------ DATASET EXCERPTS ------

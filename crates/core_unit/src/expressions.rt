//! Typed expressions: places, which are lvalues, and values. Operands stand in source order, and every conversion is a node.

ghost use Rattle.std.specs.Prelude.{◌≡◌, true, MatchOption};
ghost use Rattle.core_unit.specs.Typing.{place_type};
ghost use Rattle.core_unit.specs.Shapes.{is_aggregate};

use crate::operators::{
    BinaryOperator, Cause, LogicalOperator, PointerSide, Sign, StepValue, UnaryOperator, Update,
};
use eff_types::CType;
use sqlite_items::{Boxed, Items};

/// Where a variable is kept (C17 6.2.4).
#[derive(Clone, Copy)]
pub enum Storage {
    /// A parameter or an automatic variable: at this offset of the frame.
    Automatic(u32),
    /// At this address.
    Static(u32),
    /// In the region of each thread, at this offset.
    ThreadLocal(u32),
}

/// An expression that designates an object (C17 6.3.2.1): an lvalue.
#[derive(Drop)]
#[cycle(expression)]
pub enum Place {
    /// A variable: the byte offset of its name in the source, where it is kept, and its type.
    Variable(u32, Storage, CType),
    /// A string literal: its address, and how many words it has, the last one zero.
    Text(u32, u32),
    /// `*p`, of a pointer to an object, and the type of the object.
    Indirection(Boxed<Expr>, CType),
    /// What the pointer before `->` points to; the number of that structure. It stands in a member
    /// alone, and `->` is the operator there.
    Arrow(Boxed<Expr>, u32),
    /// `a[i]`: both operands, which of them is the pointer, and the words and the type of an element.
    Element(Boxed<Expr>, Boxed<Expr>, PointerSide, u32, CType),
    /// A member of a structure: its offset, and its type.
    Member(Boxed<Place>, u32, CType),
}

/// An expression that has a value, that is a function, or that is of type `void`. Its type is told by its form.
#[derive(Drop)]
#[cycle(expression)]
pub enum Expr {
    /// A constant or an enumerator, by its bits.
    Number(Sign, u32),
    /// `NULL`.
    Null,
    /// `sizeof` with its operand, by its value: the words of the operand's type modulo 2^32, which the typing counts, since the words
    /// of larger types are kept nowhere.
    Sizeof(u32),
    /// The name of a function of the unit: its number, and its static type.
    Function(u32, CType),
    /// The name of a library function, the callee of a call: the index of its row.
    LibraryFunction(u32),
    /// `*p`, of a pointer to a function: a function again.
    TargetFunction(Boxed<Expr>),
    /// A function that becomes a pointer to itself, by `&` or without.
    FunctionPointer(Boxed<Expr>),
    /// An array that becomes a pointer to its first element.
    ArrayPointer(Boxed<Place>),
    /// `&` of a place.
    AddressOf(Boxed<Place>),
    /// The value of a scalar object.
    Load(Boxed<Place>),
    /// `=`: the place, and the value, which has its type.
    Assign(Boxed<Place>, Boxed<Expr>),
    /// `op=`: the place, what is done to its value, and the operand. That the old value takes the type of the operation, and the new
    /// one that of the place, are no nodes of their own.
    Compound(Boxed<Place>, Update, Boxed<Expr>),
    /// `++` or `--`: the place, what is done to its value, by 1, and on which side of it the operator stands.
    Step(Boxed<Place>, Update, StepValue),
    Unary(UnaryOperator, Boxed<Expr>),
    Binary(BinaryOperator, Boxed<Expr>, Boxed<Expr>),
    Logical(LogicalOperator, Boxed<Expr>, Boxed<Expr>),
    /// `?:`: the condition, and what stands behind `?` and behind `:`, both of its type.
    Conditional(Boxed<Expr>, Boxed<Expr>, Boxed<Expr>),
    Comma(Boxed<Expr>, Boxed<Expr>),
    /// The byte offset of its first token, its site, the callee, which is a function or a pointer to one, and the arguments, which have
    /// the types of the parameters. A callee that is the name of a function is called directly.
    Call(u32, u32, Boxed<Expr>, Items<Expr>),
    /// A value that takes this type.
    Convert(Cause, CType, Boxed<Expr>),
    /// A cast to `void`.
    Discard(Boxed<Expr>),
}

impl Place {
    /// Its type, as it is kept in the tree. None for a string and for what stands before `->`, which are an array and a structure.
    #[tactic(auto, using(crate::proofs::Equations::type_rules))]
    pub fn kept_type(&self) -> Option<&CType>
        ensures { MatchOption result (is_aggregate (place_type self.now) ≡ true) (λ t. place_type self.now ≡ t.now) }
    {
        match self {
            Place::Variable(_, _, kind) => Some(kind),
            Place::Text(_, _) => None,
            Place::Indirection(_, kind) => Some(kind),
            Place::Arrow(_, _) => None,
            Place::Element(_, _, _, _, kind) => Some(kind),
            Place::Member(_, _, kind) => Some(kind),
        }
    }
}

------
------ DATASET EXCERPTS ------

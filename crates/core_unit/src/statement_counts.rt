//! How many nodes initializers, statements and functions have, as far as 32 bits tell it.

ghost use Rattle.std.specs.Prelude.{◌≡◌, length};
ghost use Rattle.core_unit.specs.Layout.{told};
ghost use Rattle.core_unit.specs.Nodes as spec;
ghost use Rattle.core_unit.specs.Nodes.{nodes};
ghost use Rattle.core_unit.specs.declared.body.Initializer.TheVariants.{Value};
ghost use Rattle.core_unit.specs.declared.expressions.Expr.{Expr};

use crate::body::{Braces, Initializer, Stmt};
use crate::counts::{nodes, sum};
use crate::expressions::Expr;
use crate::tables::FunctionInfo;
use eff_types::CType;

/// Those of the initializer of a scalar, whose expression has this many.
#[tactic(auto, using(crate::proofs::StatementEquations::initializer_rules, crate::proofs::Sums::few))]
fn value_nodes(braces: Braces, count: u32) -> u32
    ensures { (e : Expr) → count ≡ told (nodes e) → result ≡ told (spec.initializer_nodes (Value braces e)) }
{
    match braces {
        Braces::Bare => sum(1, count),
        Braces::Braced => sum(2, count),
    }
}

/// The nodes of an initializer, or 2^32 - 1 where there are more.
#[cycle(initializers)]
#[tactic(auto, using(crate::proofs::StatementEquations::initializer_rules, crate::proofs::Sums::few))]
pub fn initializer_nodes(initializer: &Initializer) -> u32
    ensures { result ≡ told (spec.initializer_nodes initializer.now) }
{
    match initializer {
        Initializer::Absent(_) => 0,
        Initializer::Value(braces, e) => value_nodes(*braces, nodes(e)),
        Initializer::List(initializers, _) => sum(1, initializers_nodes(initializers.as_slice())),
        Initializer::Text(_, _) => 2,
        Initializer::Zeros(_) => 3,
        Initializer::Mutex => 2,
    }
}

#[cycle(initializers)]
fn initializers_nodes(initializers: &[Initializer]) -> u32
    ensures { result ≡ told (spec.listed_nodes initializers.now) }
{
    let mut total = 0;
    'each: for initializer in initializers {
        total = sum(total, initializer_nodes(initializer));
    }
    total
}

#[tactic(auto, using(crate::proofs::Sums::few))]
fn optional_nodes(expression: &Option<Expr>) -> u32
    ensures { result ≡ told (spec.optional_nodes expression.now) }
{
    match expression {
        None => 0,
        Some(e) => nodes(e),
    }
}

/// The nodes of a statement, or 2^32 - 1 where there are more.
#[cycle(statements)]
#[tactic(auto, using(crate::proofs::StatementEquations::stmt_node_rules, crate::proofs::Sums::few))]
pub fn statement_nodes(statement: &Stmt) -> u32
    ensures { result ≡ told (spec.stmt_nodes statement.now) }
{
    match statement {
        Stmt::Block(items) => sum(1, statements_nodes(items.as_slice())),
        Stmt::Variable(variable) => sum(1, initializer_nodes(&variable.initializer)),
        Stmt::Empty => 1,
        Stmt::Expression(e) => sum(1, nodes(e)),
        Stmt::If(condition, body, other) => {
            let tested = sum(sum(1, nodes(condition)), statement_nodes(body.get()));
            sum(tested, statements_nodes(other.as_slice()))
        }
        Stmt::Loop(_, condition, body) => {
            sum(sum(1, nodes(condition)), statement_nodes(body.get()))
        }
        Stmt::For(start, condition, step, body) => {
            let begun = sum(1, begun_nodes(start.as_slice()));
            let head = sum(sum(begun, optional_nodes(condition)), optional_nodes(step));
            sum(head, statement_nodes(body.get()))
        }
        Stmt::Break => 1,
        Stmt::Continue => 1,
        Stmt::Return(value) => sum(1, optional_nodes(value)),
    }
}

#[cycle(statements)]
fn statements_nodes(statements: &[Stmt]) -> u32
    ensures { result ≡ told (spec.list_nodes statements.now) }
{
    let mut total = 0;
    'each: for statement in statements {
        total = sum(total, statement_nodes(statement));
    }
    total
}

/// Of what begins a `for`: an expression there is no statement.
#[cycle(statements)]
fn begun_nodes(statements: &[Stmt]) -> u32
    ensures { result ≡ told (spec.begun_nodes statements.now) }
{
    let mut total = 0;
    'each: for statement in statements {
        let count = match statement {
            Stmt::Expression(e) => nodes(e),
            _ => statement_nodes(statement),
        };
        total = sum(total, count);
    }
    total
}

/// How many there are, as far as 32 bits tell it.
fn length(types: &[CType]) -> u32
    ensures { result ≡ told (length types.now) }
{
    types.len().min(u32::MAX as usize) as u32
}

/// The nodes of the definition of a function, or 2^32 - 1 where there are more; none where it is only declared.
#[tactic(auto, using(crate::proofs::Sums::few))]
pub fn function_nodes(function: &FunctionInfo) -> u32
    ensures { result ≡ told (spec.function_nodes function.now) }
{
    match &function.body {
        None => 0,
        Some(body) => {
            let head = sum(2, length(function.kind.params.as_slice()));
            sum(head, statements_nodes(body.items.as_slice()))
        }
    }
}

------

**TRY IT:**
In the listing above, find the line containing "fn initializers_nodes(initializers: &[Initializer])" and the line containing "fn optional_nodes(expression: &Option<Expr>)", then repeat those two lines and everything between them exactly.

**THE ANSWER:**
fn initializers_nodes(initializers: &[Initializer]) -> u32
    ensures { result ≡ told (spec.listed_nodes initializers.now) }
{
    let mut total = 0;
    'each: for initializer in initializers {
        total = sum(total, initializer_nodes(initializer));
    }
    total
}

#[tactic(auto, using(crate::proofs::Sums::few))]
fn optional_nodes(expression: &Option<Expr>) -> u32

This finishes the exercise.